| Work order |
All lines from the line containing "inst.net.now) inst.bids.now replies.now" up to and including the last line of the entries must be written out exactly, with no others.

| Data shown |
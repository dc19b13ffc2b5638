//! The leg on which a node is split.
ghost use Rattle.std.specs.Prelude.{◌≡◌, ◌↔◌, ◌<◌, ◌≤◌, [], length, All, Contains, IfOk, IsTrue, unwrap_or};
ghost use Rattle.optra_walk.specs.Choices.{IsChoice};
ghost use Rattle.optra_walk.specs.Families.{IsUsable};
ghost use Rattle.optra_node.specs.Nodes.{IsNode, kind_at};
ghost use Rattle.optra_prices.specs.Overfull.{AreOverfilled};
ghost use Rattle.optra_search.specs.Splits.{IsFree, IsFreeLeg, IsFirstOrNone, reply_legs};
ghost use Rattle.optra_search.specs.Marks.{UsesOne, IsCrowding, IsFreeSplitOrNone, IsSplitLegOrNone};

use crate::fixing::is_fixed;
use crate::freeing::{first_free, freest_leg};
use optra_graph::Graphs;
use optra_network::{Network, NoMemory, TypeId};
use optra_node::{Node, kind_at};
use optra_walk::{Instance, Leg, RowFamily, Walk};
use std::alloc::Global;

/// Whether the leg of the type uses one of the rows.
fn uses_one<F: RowFamily>(
    net: &Network,
    rows: &F,
    kind: TypeId,
    leg: Leg,
    listed: &[F::Row],
) -> bool
    requires { IsUsable net.now kind leg }
    ensures { IsTrue result ↔ UsesOne (F.rows_of rows.now net.now) kind leg listed.now }
{
    for row in listed {
        if rows.leg_use(net, kind, leg, *row) > 0 {
            return true;
        }
    }
    false
}

/// Whether the leg is not fixed and uses one of the rows.
fn is_crowding<F: RowFamily>(
    inst: Instance<'_>,
    rows: &F,
    node: &Node,
    bid: u32,
    leg: Leg,
    listed: &[F::Row],
) -> bool
    requires bid { bid < length inst.bids.now }
    requires usable { IsUsable inst.net.now (kind_at inst.bids.now bid) leg }
    ensures { IsTrue result ↔ IsCrowding (F.rows_of rows.now inst.entry.net.now) inst.entry.bids.now
        node.now listed.now (bid, leg) }
{
    let kind = kind_at(inst, bid);
    !is_fixed(node, bid, leg) && uses_one(inst.net, rows, kind, leg, listed)
}

/// The first of the bid's legs that is not fixed and uses one of the rows.
fn first_crowding<F: RowFamily>(
    inst: Instance<'_>,
    rows: &F,
    node: &Node,
    bid: u32,
    legs: &[Leg],
    listed: &[F::Row],
) -> Option<Leg>
    requires bid { bid < length inst.bids.now }
    requires usable { All (IsUsable inst.net.now (kind_at inst.bids.now bid)) legs.now }
    ensures { IsFirstOrNone (λ leg. IsCrowding (F.rows_of rows.now inst.entry.net.now)
        inst.entry.bids.now node.now listed.now (bid, leg)) legs.now result }
{
    for leg in legs {
        if is_crowding(inst, rows, node, bid, *leg, listed) {
            return Some(*leg);
        }
    }
    None
}

/// The same of a reply; `None` too where there is no reply.
fn crowding_in<F: RowFamily>(
    inst: Instance<'_>,
    rows: &F,
    node: &Node,
    bid: u32,
    reply: &Option<Walk>,
    listed: &[F::Row],
) -> Option<Leg>
    requires bid { bid < length inst.bids.now }
    requires usable { All (IsUsable inst.net.now (kind_at inst.bids.now bid))
        (unwrap_or reply.now []) }
    ensures { IsFirstOrNone (λ leg. IsCrowding (F.rows_of rows.now inst.entry.net.now)
        inst.entry.bids.now node.now listed.now (bid, leg)) (unwrap_or reply.now []) result }
{
    match reply {
        Some(walk) => first_crowding(inst, rows, node, bid, &walk.legs, listed),
        None => None,
    }
}

/// The first leg of the replies, by bid and then along the reply, that is not fixed and uses one of the rows.
fn crowding_leg<F: RowFamily>(
    inst: Instance<'_>,
    rows: &F,
    node: &Node,
    replies: &[Option<Walk>],
    listed: &[F::Row],
) -> Option<(u32, Leg)>
    requires replies { IsChoice inst.net.now inst.bids.now replies.now }
    ensures { IsFirstOrNone (IsCrowding (F.rows_of rows.now inst.entry.net.now) inst.entry.bids.now
        node.now listed.now) (reply_legs replies.now) result }
{
    'replies: for (i, reply) in replies.iter().enumerate() {
        let bid = i as u32;
        match crowding_in(inst, rows, node, bid, reply, listed) {
            Some(leg) => return Some((bid, leg)),
            None => continue,
        }
    }
    None
}

/// The first leg of a reply that is not fixed; `None` too where there is no reply.
fn free_in(node: &Node, bid: u32, reply: &Option<Walk>) -> Option<Leg>
    ensures { IsFirstOrNone (IsFree node.now bid) (unwrap_or reply.now []) result }
{
    match reply {
        Some(walk) => first_free(node, bid, &walk.legs),
        None => None,
    }
}

/// The first leg of the replies, by bid and then along the reply, that is not fixed.
fn free_reply_leg(node: &Node, replies: &[Option<Walk>]) -> Option<(u32, Leg)>
    requires { length replies.now ≤ 1000 }
    ensures { IsFirstOrNone (IsFreeLeg node.now) (reply_legs replies.now) result }
{
    'replies: for (i, reply) in replies.iter().enumerate() {
        let bid = i as u32;
        match free_in(node, bid, reply) {
            Some(leg) => return Some((bid, leg)),
            None => continue,
        }
    }
    None
}

/// The first leg of a reply that is not fixed, or else the first such leg of the freest walk.
fn free_split<F: RowFamily, G: Graphs>(
    alloc: Global,
    inst: Instance<'_>,
    graphs: &G,
    rows: &F,
    node: &Node,
    replies: &[Option<Walk>],
) -> Result<Option<(u32, Leg)>, NoMemory>
    requires network { G.network graphs.now ≡ inst.net.now }
    requires held { All (λ bid. Contains (G.held graphs.now) bid.path) inst.bids.now }
    requires node { IsNode inst.net.now (length inst.bids.now) node.now }
    requires few { length replies.now ≤ 1000 }
    ensures { IfOk result (λ found. IsFreeSplitOrNone inst.entry.net.now
        (F.rows_of rows.now inst.entry.net.now) inst.entry.bids.now node.now replies.now found) }
{
    match free_reply_leg(node, replies) {
        Some(found) => Ok(Some(found)),
        None => {
            let found = freest_leg(alloc, inst, graphs, rows, node)?;
            Ok(found)
        }
    }
}

/// The split leg of a node, by the replies at the result of its price path and the rows that they overfill. `None` exactly
/// where no allowed walk has a leg that is not fixed; such a node closes.
pub(crate) fn split_leg<F: RowFamily, G: Graphs>(
    alloc: Global,
    inst: Instance<'_>,
    graphs: &G,
    rows: &F,
    node: &Node,
    replies: &[Option<Walk>],
    listed: &[F::Row],
) -> Result<Option<(u32, Leg)>, NoMemory>
    requires network { G.network graphs.now ≡ inst.net.now }
    requires held { All (λ bid. Contains (G.held graphs.now) bid.path) inst.bids.now }
    requires node { IsNode inst.net.now (length inst.bids.now) node.now }
    requires replies { IsChoice inst.net.now inst.bids.now replies.now }
    requires listed { AreOverfilled (F.rows_of rows.now inst.net.now) inst.bids.now replies.now
        listed.now }
    ensures { IfOk result (λ found. IsSplitLegOrNone inst.entry.net.now
        (F.rows_of rows.now inst.entry.net.now) inst.entry.bids.now node.now replies.now found) }
{
    match crowding_leg(inst, rows, node, replies, listed) {
        Some(found) => Ok(Some(found)),
        None => {
            let found = free_split(alloc, inst, graphs, rows, node, replies)?;
            Ok(found)
        }
    }
}
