//! A node at which a plan stands.
use optra_node::Node;
use optra_prices::ArcTables;
use optra_walk::CodedRow;

/// A node that was entered, the graphs of the bids, and the tables of their arcs at the node.
#[derive(Drop)]
pub struct Entered<'a, 'g, G, R: CodedRow> {
    pub node: &'a Node,
    pub graphs: &'a G,
    pub kept: &'a ArcTables<'g, R>,
}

| Expected answer |
    requires listed { AreOverfilled (F.rows_of rows.now inst.net.now) inst.bids.now replies.now
        listed.now }
    ensures { IfOk result (λ found. IsSplitLegOrNone inst.entry.net.now
        (F.rows_of rows.now inst.entry.net.now) inst.entry.bids.now node.now replies.now found) }
{
    match crowding_leg(inst, rows, node, replies, listed) {
        Some(found) => Ok(Some(found)),
        None => {
            let found = free_split(alloc, inst, graphs, rows, node, replies)?;
            Ok(found)
        }
    }
}
//! A node at which a plan stands.
use optra_node::Node;
use optra_prices::ArcTables;
use optra_walk::CodedRow;

/// A node that was entered, the graphs of the bids, and the tables of their arcs at the node.
#[derive(Drop)]
pub struct Entered<'a, 'g, G, R: CodedRow> {
    pub node: &'a Node,
    pub graphs: &'a G,
    pub kept: &'a ArcTables<'g, R>,
}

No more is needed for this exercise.